▶ **TRY IT**:
For each line in the records that contains "clauses", make a copy.

▶ **Saved data entries**:
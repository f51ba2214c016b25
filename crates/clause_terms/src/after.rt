ghost use Rattle.std.specs.Prelude.{◌≡◌, ◌||◌, not, true, IfOk, IsTrue};
ghost use Rattle.heap_core.specs.declared.value.Value.{Value};
ghost use Rattle.heap_core.specs.declared.value.Seen.{Seen};
ghost use Rattle.heap_core.specs.Outcomes.{is_out, with_value};
ghost use Rattle.heap_core.specs.Posed.{Posed};
ghost use Rattle.rel_core.specs.declared.formula.Formula.TheVariants.{Const as constant_of};
ghost use Rattle.rel_core.specs.Reading.{Reading};
ghost use Rattle.rel_core.specs.Meaning.{holds};
ghost use Rattle.rel_core.specs.Uses.{Kinds, is_sorted};
ghost use Rattle.clause_terms.specs.Terms.{IsSortedTerm, OnValue, Tells, gives_value};

use crate::copies::formula_copy;
use crate::term::Term;
use no_memory::NoMemory;
use rel_core::Formula;
use sqlite_items::Boxed;
use std::alloc::Global;

/// Whether a formula is the constant true.
fn is_certain(formula: &Boxed<Formula>) -> bool
    ensures { IsTrue result → formula.now ≡ constant_of true }
{
    match formula.get() {
        Formula::Const(truth) => *truth,
        _ => false,
    }
}

/// Where the first formula holds, the second does. The first is copied, unless the second is the constant true.
#[tactic(auto, using(crate::proofs::Flags::certain))]
pub(crate) fn where_holds(
    alloc: Global,
    premise: &Boxed<Formula>,
    conclusion: Boxed<Formula>,
) -> Result<Boxed<Formula>, NoMemory>
    ensures meaning { IfOk result (λ r. (m : Reading) → holds r m ≡ (not (holds premise.now m) || holds conclusion m)) }
    ensures sorted { IfOk result (λ r. (p : Posed) (kinds : Kinds) → IsTrue (is_sorted p kinds premise.now) → IsTrue (is_sorted p kinds conclusion) → IsTrue (is_sorted p kinds r)) }
{
    if is_certain(&conclusion) {
        return Ok(conclusion);
    }
    let copied = formula_copy(alloc, premise)?;
    let implied = Formula::implies(alloc, copied, conclusion)?;
    Ok(implied)
}

/// An evaluation that goes on from a value: what is made of that value, of which `then` tells, decides where the
/// evaluation before gives one.
pub(crate) fn after(
    alloc: Global,
    fine: Boxed<Formula>,
    inside: Boxed<Formula>,
    then: Term,
) -> Result<Term, NoMemory>
    ensures told { IfOk result (λ r. (m : Reading) (s : Seen) (k : Value → Seen) → holds fine m ≡ gives_value s → holds inside m ≡ not (is_out s) → OnValue s (λ v. Tells (k v) then m)
        → Tells (with_value s k) r m) }
    ensures sorted { IfOk result (λ r. (p : Posed) (kinds : Kinds) → IsTrue (is_sorted p kinds fine) → IsTrue (is_sorted p kinds inside) → IsSortedTerm p kinds then → IsSortedTerm p kinds r) }
{
    let Term {
        value,
        fine: then_fine,
        inside: then_inside,
    } = then;
    let stays = where_holds(alloc, &fine, then_inside)?;
    let inside = Formula::both(alloc, inside, stays)?;
    let fine = Formula::both(alloc, fine, then_fine)?;
    Ok(Term {
        value,
        fine,
        inside,
    })
}
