ghost use Rattle.clause_terms.specs.Chains.{ChainsGoRight, FlagsSettle};
ghost use Rattle.clause_terms.specs.Fields.{OtherFieldsAreLacking};

/// A law of the operators of clauses: `(x && y) && z` gives what `x && (y && z)` gives, for all outcomes, and so
/// does `||`.
pub fn chains_go_right()
    ensures { ChainsGoRight }
{}

/// A law of the operators of clauses: what `&&`, `||`, `==>`, `!` and a quantifier's instance give is a truth value,
/// Bad or Out, so that it is what it is as a truth value.
pub fn flags_settle()
    ensures { FlagsSettle }
{}

/// A law of the definitions: a field that the unit lacks gives Bad exactly where its object is not there in a heap that is
/// shown, and never a value.
pub fn other_fields_are_lacking()
    ensures { OtherFieldsAreLacking }
{}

▶ **FINISHED EXERCISE**:
/// A law of the operators of clauses: `(x && y) && z` gives what `x && (y && z)` gives, for all outcomes, and so
/// A law of the operators of clauses: what `&&`, `||`, `==>`, `!` and a quantifier's instance give is a truth value,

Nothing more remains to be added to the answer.